So we’re driving through the bundu, having no specific destination in mind, just hoping we’ll come across a manyatta sooner or later, which seems quite likely since this is the only track out here in the bush and why would there be a road if there wasn’t a village somewhere along it. And then there, absolutely smack-dab in the middle of nowhere, are four or five Samburu warriors, called lmurran, just standing on the side of the road with their spears and pangas and rungus, those wicked head-knockers, looking like they’ve just been waiting for us.
These guys know how to dress. A couple of them are wearing hot pink nkelas wrapped around their waist, perfectly complementing their patterned purple or green kikois, and they’ve got more bracelets and necklaces on than a movie star at the Oscars. Ivory plugs are stuck in their stretched ear lobs and they’ve got beads and bangles and cowrie shells and feathers stuck in their ocher-smeared hair.
I mean, think about it. These guys aren’t going clubbing (well, maybe they are, but not in the way we think about it). They’re not dressed to go out on a date. This is just the way they look. Every day. Sharp. Stylish. Decked-out.
Now there’s no doubt that it is not easy being Samburu. The word “harsh” pops up a lot when people talk about the country they live in. As do the words “volcanic,” “dusty,” and “thorns.”
They live in a hut made of mud and sticks called a nkaji which is no more than five feet in height and has no windows (though there is usually some sort of latticed affair to let out the smoke from the fire, which is built inside without a vent). The roofs are sealed with cow dung and covered either with hides (old-school) or gunny sacks (the modern improvement).
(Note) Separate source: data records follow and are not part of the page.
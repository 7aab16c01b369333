//! Certificates that are made, checked, and written with the steps that their refutations share. The texts of those that
//! are made come from an independent program.
use crate::row::{Wanted, all_hold, field, line_ends_so};
use std::alloc::{AllocError, Global};
use std::test::Fail;

const CHECKED: &[&str] = &[
    "an accepted certificate of a list || pip check || ((a) 1 0 1 0 -1 1 (#[1 -3]) ())((a)\n(list\n#[ 3]\n)\n)\n(certificate 1 #[] (() () ((1 1 1 2 1)))) || accepted\n",
    "an accepted certificate of void, with a quotient || pip check || ((v) 1 1 0 2 -1 1 () (#[2 -1] #[-2 1]))((v)\nvoid\n)\n(certificate 1 void (((2 1 1) (1 2 1 3 2)))) || accepted\n",
    "an accepted certificate of bottom || pip check || ((n) 1 0 2 0 -1 1 (#[1 -3] #[-1 2]) ())((n)\n()\n)\n(certificate 1 #[] (((1 1 1 2 1)))) || accepted\n",
    "an accepted certificate with shared steps || pip check || ((v) 1 1 0 2 -1 1 () (#[2 -1] #[-2 1]))((v)\nvoid\n)\n(certificate 2 void\n(\n((2 1 1))\n((1 2 1 3 2))\n)\n)\n || accepted\n",
    "a step with another divisor || pip check || ((a) 1 0 1 0 -1 1 (#[1 -3]) ())((a)\n(list\n#[ 3]\n)\n)\n(certificate 1 #[] (() () ((2 1 1 2 1)))) || accepted\n",
    "an accepted certificate of void, of one step || pip check || ((v) 1 1 0 1 -1 1 () (#[-1 -1]))((v)\nvoid\n)\n(certificate 1 void (((1 0 1 1 1)))) || accepted\n",
    "shared steps of none || pip check || ((a) 1 0 1 0 -1 1 (#[1 -3]) ())((a)\n(list\n#[ 3]\n)\n)\n(certificate 2 #[]\n(\n()\n()\n()\n((1 1 1 2 1))\n)\n)\n || accepted\n",
    "an accepted certificate of choices and a new parameter || pip check || ((c) 1 1 1 0 -1 1 (#[2 0 -1]) ())((c)\n(if #[ -1 0]\n(list\n#[ 0 0]\n)\n(newparm 1 (div #[ 1 0] 2))\n(if #[ -1 2 0]\n(list\n#[ 1 -1 0]\n)\n(list\n#[ 1 -1 0]\n)\n)\n)\n)\n(certificate 1 #[ 0] (((1 1 1 2 1)) ((1 2 1)) ((1 4 1 2 1)))\n(((2 3 1 0 1)(1 2 1 5 1)) ((2 3 1 0 1)(1 2 1 1 1 5 2)) ((2 3 1 0 1)(1 7 2 4 1 6 1)))\n(((2 3 1 0 1)(1 2 1 5 1)) ((2 3 1 0 1)(1 2 1 1 1 5 2)) ((2 3 1 0 1)(1 3 1 7 2 6 1)))) || accepted\n",
    "the same with shared steps || pip check || ((c) 1 1 1 0 -1 1 (#[2 0 -1]) ())((c)\n(if #[ -1 0]\n(list\n#[ 0 0]\n)\n(newparm 1 (div #[ 1 0] 2))\n(if #[ -1 2 0]\n(list\n#[ 1 -1 0]\n)\n(list\n#[ 1 -1 0]\n)\n)\n)\n)\n(certificate 2 #[ 0]\n(\n()\n((1 1 1 2 1))\n((1 2 1))\n((1 4 1 2 1))\n)\n(\n((2 3 1 0 1))\n((1 2 1 6 1))\n((1 2 1 1 1 6 2))\n((1 8 2 4 1 7 1))\n)\n(\n((2 3 1 0 1))\n((1 2 1 6 1))\n((1 2 1 1 1 6 2))\n((1 3 1 8 2 7 1))\n)\n)\n || accepted\n",
    "a condition of the second tree past 128 bits || pip check || ((n) 1 1 0 0 -1 1 () ())((n)(if #[1 170141183460469231731687303715884105727](list #[0 0])(if #[1 0] (list #[0 0]) ())))(certificate 1 #[0] (()((1 2 1 3 1)))(()())(())) ||  || 4 || pip: overflow at leaf 2 refutation 1 step 0\n",
    "a step with the divisor 0 || pip check || ((a) 1 0 1 0 -1 1 (#[1 -3]) ())((a)\n(list\n#[ 3]\n)\n)\n(certificate 1 #[] (() () ((0 1 1 2 1)))) ||  || 10 || pip: rejected at leaf 1 refutation 3 step 1\n",
    "a step with an index that names nothing || pip check || ((a) 1 0 1 0 -1 1 (#[1 -3]) ())((a)\n(list\n#[ 3]\n)\n)\n(certificate 1 #[] (() () ((1 3 1 2 1)))) ||  || 10 || pip: rejected at leaf 1 refutation 3 step 1\n",
    "a step whose form does not refute || pip check || ((a) 1 0 1 0 -1 1 (#[1 -3]) ())((a)\n(list\n#[ 3]\n)\n)\n(certificate 1 #[] (() () ((1 1 2 2 1)))) ||  || 10 || pip: rejected at leaf 1 refutation 3 step 1\n",
    "a step with a negative multiplier || pip check || ((a) 1 0 1 0 -1 1 (#[1 -3]) ())((a)\n(list\n#[ 3]\n)\n)\n(certificate 1 #[] (() () ((1 0 -1 1 1)))) ||  || 10 || pip: rejected at leaf 1 refutation 3 step 1\n",
    "a vector of another length || pip check || ((n) 1 0 2 0 -1 1 (#[1 -3] #[-1 2]) ())((n)\n()\n)\n(certificate 1 #[1] (((1 1 1 2 1)))) ||  || 10 || pip: rejected at leaf 0 refutation 0 step 0\n",
    "a refutation too few || pip check || ((a) 1 0 1 0 -1 1 (#[1 -3]) ())((a)\n(list\n#[ 3]\n)\n)\n(certificate 1 #[] (() ())) ||  || 10 || pip: rejected at leaf 1 refutation 0 step 0\n",
    "a product past 128 bits || pip check || ((a) 1 0 1 0 -1 1 (#[1 -3]) ())((a)\n(list\n#[ 3]\n)\n)\n(certificate 1 #[] (() () ((1 1 170141183460469231731687303715884105727 2 1)))) ||  || 4 || pip: overflow at leaf 1 refutation 3 step 1\n",
    "a format that is not known || pip check || ((a) 1 0 1 0 -1 1 (#[1 -3]) ())((a)\n(list\n#[ 3]\n)\n)\n(certificate 3 #[] (() () ((1 1 1 2 1)))) ||  || 3 || pip: unsupported certificate 3\n",
    "a certificate of a rational problem || pip check || ((h) 1 0 1 0 -1 0 (#[2 -3]) ())((h)\n(list\n#[ 3/2]\n)\n)\n(certificate 1 #[] (() () ((1 1 1 2 1)))) ||  || 3 || pip: unsupported rational certificate\n",
    "a triple without its certificate || pip check || ((a) 1 0 1 0 -1 1 (#[1 -3]) ())((a)\n(list\n#[ 3]\n)\n)\n ||  || 2 || pip: syntax at byte 52\n",
    "a leaf too few || pip check || ((a) 1 0 1 0 -1 1 (#[1 -3]) ())((a)\n(list\n#[ 3]\n)\n)\n(certificate 1 #[]) ||  || 10 || pip: rejected at leaf 0 refutation 0 step 0\n",
    "a certificate of void for a list || pip check || ((a) 1 0 1 0 -1 1 (#[1 -3]) ())((a)\n(list\n#[ 3]\n)\n)\n(certificate 1 void (() () ((1 1 1 2 1)))) ||  || 10 || pip: rejected at leaf 0 refutation 0 step 0\n",
    "a shared step that names nothing known || pip check || ((a) 1 0 1 0 -1 1 (#[1 -3]) ())((a)\n(list\n#[ 3]\n)\n)\n(certificate 2 #[] (((1 0 1)) () () ((1 1 1 2 1)))) ||  || 10 || pip: rejected at leaf 1 refutation 0 step 1\n",
    "a product past 128 bits in a short step || pip check || ((a) 1 0 1 0 -1 1 (#[1 -3]) ())((a)\n(list\n#[ 3]\n)\n)\n(certificate 1 #[] (() () ((1 1 170141183460469231731687303715884105727)))) ||  || 4 || pip: overflow at leaf 1 refutation 3 step 1\n",
    "a step that does not end a refutation of bottom || pip check || ((n) 1 0 2 0 -1 1 (#[1 -3] #[-1 2]) ())((n)\n()\n)\n(certificate 1 #[] (((1 1 1)))) ||  || 10 || pip: rejected at leaf 1 refutation 1 step 1\n",
    "no step for bottom || pip check || ((n) 1 0 2 0 -1 1 (#[1 -3] #[-1 2]) ())((n)\n()\n)\n(certificate 1 #[] (())) ||  || 10 || pip: rejected at leaf 1 refutation 1 step 0\n",
    "another divisor for void || pip check || ((v) 1 1 0 2 -1 1 () (#[2 -1] #[-2 1]))((v)\nvoid\n)\n(certificate 1 void (((3 1 1) (1 2 1 3 2)))) ||  || 10 || pip: rejected at leaf 1 refutation 1 step 1\n",
    "a certificate of a tree for void || pip check || ((v) 1 1 0 2 -1 1 () (#[2 -1] #[-2 1]))((v)\nvoid\n)\n(certificate 1 #[1] (((2 1 1) (1 2 1 3 2)))) ||  || 10 || pip: rejected at leaf 0 refutation 0 step 0\n",
    "a leaf of a choice too few || pip check || ((c) 1 1 1 0 -1 1 (#[2 0 -1]) ())((c)\n(if #[ -1 0]\n(list\n#[ 0 0]\n)\n(newparm 1 (div #[ 1 0] 2))\n(if #[ -1 2 0]\n(list\n#[ 1 -1 0]\n)\n(list\n#[ 1 -1 0]\n)\n)\n)\n)\n(certificate 1 #[ 0] (((1 1 1 2 1)) ((1 2 1)) ((1 4 1 2 1)))\n(((2 3 1 0 1)(1 2 1 5 1)) ((2 3 1 0 1)(1 2 1 1 1 5 2)) ((2 3 1 0 1)(1 7 2 4 1 6 1)))\n) ||  || 10 || pip: rejected at leaf 0 refutation 0 step 0\n",
    "a step of another leaf || pip check || ((c) 1 1 1 0 -1 1 (#[2 0 -1]) ())((c)\n(if #[ -1 0]\n(list\n#[ 0 0]\n)\n(newparm 1 (div #[ 1 0] 2))\n(if #[ -1 2 0]\n(list\n#[ 1 -1 0]\n)\n(list\n#[ 1 -1 0]\n)\n)\n)\n)\n(certificate 1 #[ 0] (((1 1 1 2 1)) ((1 2 1)) ((1 4 1 2 1)))\n(((2 3 1 0 1)(1 2 1 5 1)) ((2 3 1 0 1)(1 2 1 1 1 5 2)) ((2 3 1 0 1)(1 7 2 4 1 6 1)))\n(((2 3 1 0 1)(1 2 1 5 1)) ((2 3 1 0 1)(1 2 1 1 1 5 2)) ((2 3 1 0 1)(1 7 2 4 1 6 1)))) ||  || 10 || pip: rejected at leaf 3 refutation 3 step 2\n",
    "a form of the context past 128 bits || pip check || ((z) 1 1 0 1 -1 1 () (#[170141183460469231731687303715884105727 0])) ((a)(list #[0 0])) (certificate 1 #[2] (())) ||  || 4 || pip: overflow at leaf 0 refutation 0 step 0\n",
    "a form of a leaf past 128 bits || pip check || ((z) 1 0 1 0 -1 1 (#[170141183460469231731687303715884105727 1]) ()) ((a)(list #[2])) (certificate 1 #[] (()()())) ||  || 4 || pip: overflow at leaf 1 refutation 1 step 0\n",
    "a step without a multiplier || pip check || ((a) 1 0 1 0 -1 1 (#[1 -3]) ())((a)\n(list\n#[ 3]\n)\n)\n(certificate 1 #[] (((1 1)))) ||  || 2 || pip: syntax at byte 77\n",
    "a vector with a number past 128 bits || pip check || ((a) 1 0 1 0 -1 1 (#[1 -3]) ())((a)\n(list\n#[ 3]\n)\n)\n(certificate 1 #[ 170141183460469231731687303715884105728]) ||  || 9 || pip: number too wide at byte 70\n",
    "a certificate that is cut off || pip check || ((a) 1 0 1 0 -1 1 (#[1 -3]) ())((a)\n(list\n#[ 3]\n)\n)\n(certificate 1 #[] ( ||  || 2 || pip: syntax at byte 72\n",
    "a leaf without shared steps in format 2 || pip check || ((a) 1 0 1 0 -1 1 (#[1 -3]) ())((a)\n(list\n#[ 3]\n)\n)\n(certificate 2 void ()) ||  || 2 || pip: syntax at byte 73\n",
    "a list and a bottom || pip share || ((n) 1 1 2 0 -1 1 (#[1 0 -1] #[-1 2 0]) ())((n)(if #[-1 2](list #[1 0])()))(certificate 1 #[0] (() ((1 1 1 2 1)) ((1 0 1 2 1)) ((1 3 1 5 1))) (((1 1 1 3 1 4 1)))) || (certificate 2 #[ 0]\n(\n()\n()\n((1 1 1 2 1))\n((1 0 1 2 1))\n((1 3 1 5 1))\n)\n(\n()\n((1 1 1 3 1 4 1))\n)\n)\n",
    "steps that all refutations of a leaf begin with || pip share || ((v) 1 1 0 2 -1 1 () (#[2 -1] #[-2 1]))((v)\nvoid\n)\n(certificate 1 void (((2 1 1) (1 2 1 3 2)))) || (certificate 2 void\n(\n((2 1 1))\n((1 2 1 3 2))\n)\n)\n",
    "a refutation without steps || pip share || ((a) 1 0 1 0 -1 1 (#[1 -3]) ())((a)\n(list\n#[ 3]\n)\n)\n(certificate 1 #[] (() () ((1 1 1 2 1)))) || (certificate 2 #[]\n(\n()\n()\n()\n((1 1 1 2 1))\n)\n)\n",
    "steps of choices and a new parameter || pip share || ((c) 1 1 1 0 -1 1 (#[2 0 -1]) ())((c)\n(if #[ -1 0]\n(list\n#[ 0 0]\n)\n(newparm 1 (div #[ 1 0] 2))\n(if #[ -1 2 0]\n(list\n#[ 1 -1 0]\n)\n(list\n#[ 1 -1 0]\n)\n)\n)\n)\n(certificate 1 #[ 0] (((1 1 1 2 1)) ((1 2 1)) ((1 4 1 2 1)))\n(((2 3 1 0 1)(1 2 1 5 1)) ((2 3 1 0 1)(1 2 1 1 1 5 2)) ((2 3 1 0 1)(1 7 2 4 1 6 1)))\n(((2 3 1 0 1)(1 2 1 5 1)) ((2 3 1 0 1)(1 2 1 1 1 5 2)) ((2 3 1 0 1)(1 3 1 7 2 6 1)))) || (certificate 2 #[ 0]\n(\n()\n((1 1 1 2 1))\n((1 2 1))\n((1 4 1 2 1))\n)\n(\n((2 3 1 0 1))\n((1 2 1 6 1))\n((1 2 1 1 1 6 2))\n((1 8 2 4 1 7 1))\n)\n(\n((2 3 1 0 1))\n((1 2 1 6 1))\n((1 2 1 1 1 6 2))\n((1 3 1 8 2 7 1))\n)\n)\n",
    "what is shared stays || pip share || ((c) 1 1 1 0 -1 1 (#[2 0 -1]) ())((c)\n(if #[ -1 0]\n(list\n#[ 0 0]\n)\n(newparm 1 (div #[ 1 0] 2))\n(if #[ -1 2 0]\n(list\n#[ 1 -1 0]\n)\n(list\n#[ 1 -1 0]\n)\n)\n)\n)\n(certificate 2 #[ 0]\n(\n()\n((1 1 1 2 1))\n((1 2 1))\n((1 4 1 2 1))\n)\n(\n((2 3 1 0 1))\n((1 2 1 6 1))\n((1 2 1 1 1 6 2))\n((1 8 2 4 1 7 1))\n)\n(\n((2 3 1 0 1))\n((1 2 1 6 1))\n((1 2 1 1 1 6 2))\n((1 3 1 8 2 7 1))\n)\n)\n || (certificate 2 #[ 0]\n(\n()\n((1 1 1 2 1))\n((1 2 1))\n((1 4 1 2 1))\n)\n(\n((2 3 1 0 1))\n((1 2 1 6 1))\n((1 2 1 1 1 6 2))\n((1 8 2 4 1 7 1))\n)\n(\n((2 3 1 0 1))\n((1 2 1 6 1))\n((1 2 1 1 1 6 2))\n((1 3 1 8 2 7 1))\n)\n)\n",
    "what is shared without steps stays || pip share || ((a) 1 0 1 0 -1 1 (#[1 -3]) ())((a)\n(list\n#[ 3]\n)\n)\n(certificate 2 #[] (() () () ((1 1 1 2 1)))) || (certificate 2 #[]\n(\n()\n()\n()\n((1 1 1 2 1))\n)\n)\n",
    "a certificate that is not accepted is not shared || pip share || ((a) 1 0 1 0 -1 1 (#[1 -3]) ())((a)\n(list\n#[ 3]\n)\n)\n(certificate 1 #[] (() () ((1 0 -1 1 1)))) ||  || 10 || pip: rejected at leaf 1 refutation 3 step 1\n",
    "the text of the triple before a rejected one stays || pip check || ((v) 1 1 0 2 -1 1 () (#[2 -1] #[-2 1]))((v)\nvoid\n)\n(certificate 1 void (((2 1 1) (1 2 1 3 2))))((v) 1 1 0 2 -1 1 () (#[2 -1] #[-2 1]))((v)\nvoid\n)\n(certificate 1 void (((3 1 1) (1 2 1 3 2)))) || accepted\n || 10 || pip: rejected at leaf 1 refutation 1 step 1\n",
    "a form of a leaf past 128 bits || pip share || ((z) 1 0 1 0 -1 1 (#[170141183460469231731687303715884105727 1]) ()) ((a)(list #[2])) (certificate 1 #[] (()()())) ||  || 4 || pip: overflow at leaf 1 refutation 1 step 0\n",
    "a form of the context past 128 bits || pip share || ((z) 1 1 0 1 -1 1 () (#[170141183460469231731687303715884105727 0])) ((a)(list #[0 0])) (certificate 1 #[2] (())) ||  || 4 || pip: overflow at leaf 0 refutation 0 step 0\n",
    "a rational problem is refused before it is solved || pip solve --certificate --pivots 0 || ((h) 1 0 1 0 -1 0 (#[2 -3]) ()) ||  || 3 || pip: unsupported rational certificate\n",
    "one pivot for the answer and one for its certificate || pip solve --pivots 1 --certificate || ((a) 1 0 1 0 -1 1 (#[1 -3]) ()) ||  || 5 || pip: budget of pivots 1\n",
    "a number of the certificate past 128 bits || pip solve --certificate || ((w) 1 0 2 0 -1 1 (#[170141183460469231731687303715884105727 -3] #[170141183460469231731687303715884105727 -5]) ()) ||  || 4 || pip: overflow\n",
    "the counts of the answer go on in its certificate || pip solve --certificate --pivots 3 --cuts 1 --splits 100 --nesting 100 || ((q) 2 1 0 1 -1 1 () (#[3 -2])) ||  || 5 || pip: budget of pivots 3\n",
    "a rational problem || pip solve --certificate || ((h) 1 0 1 0 -1 0 (#[2 -3]) ()) ||  || 3 || pip: unsupported rational certificate\n",
];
They live on a sort of maize porridge called posho or ugali and a nasty mix of cow’s blood and milk that they ferment in a long gourd, called a nkarau, which is guaranteed to infest most Westerners with parasites that can take a good year to clear out of your gut (just ask my photographer, Pete McBride). Once in awhile—usually on a special occasion, like a birth or marriage—they’ll kill one of their prized cows or goats for a little meat.
So, like I said, it’s not easy being Samburu. Still, if you’re going to be born a Samburu, you want to be a guy. Because their main job is to do what the four lmurran were doing when we came by: Stand around and look good.
The women build the houses. The women collect the firewood. The women take the donkeys to go get water, cook the posho, cure the animal hides, care for the children, milk the cows, aid the birth of totos (animal and human alike), make cooking utensils, weave the ornaments, hollow out and smoke the gourds used to store food, and keep things tidy and clean around the village.
The men take blood from the cattle (which are usually tended to by young boys). And slaughter a goat once in awhile. That’s about it.
Did I mention that the men also have two or three wives? So they have to spend a lot of time, you know, servicing everybody. It’s exhausting. No wonder these guys looked pleased to see us when we came by. No doubt we gave them something to do for the day besides just stand around looking good.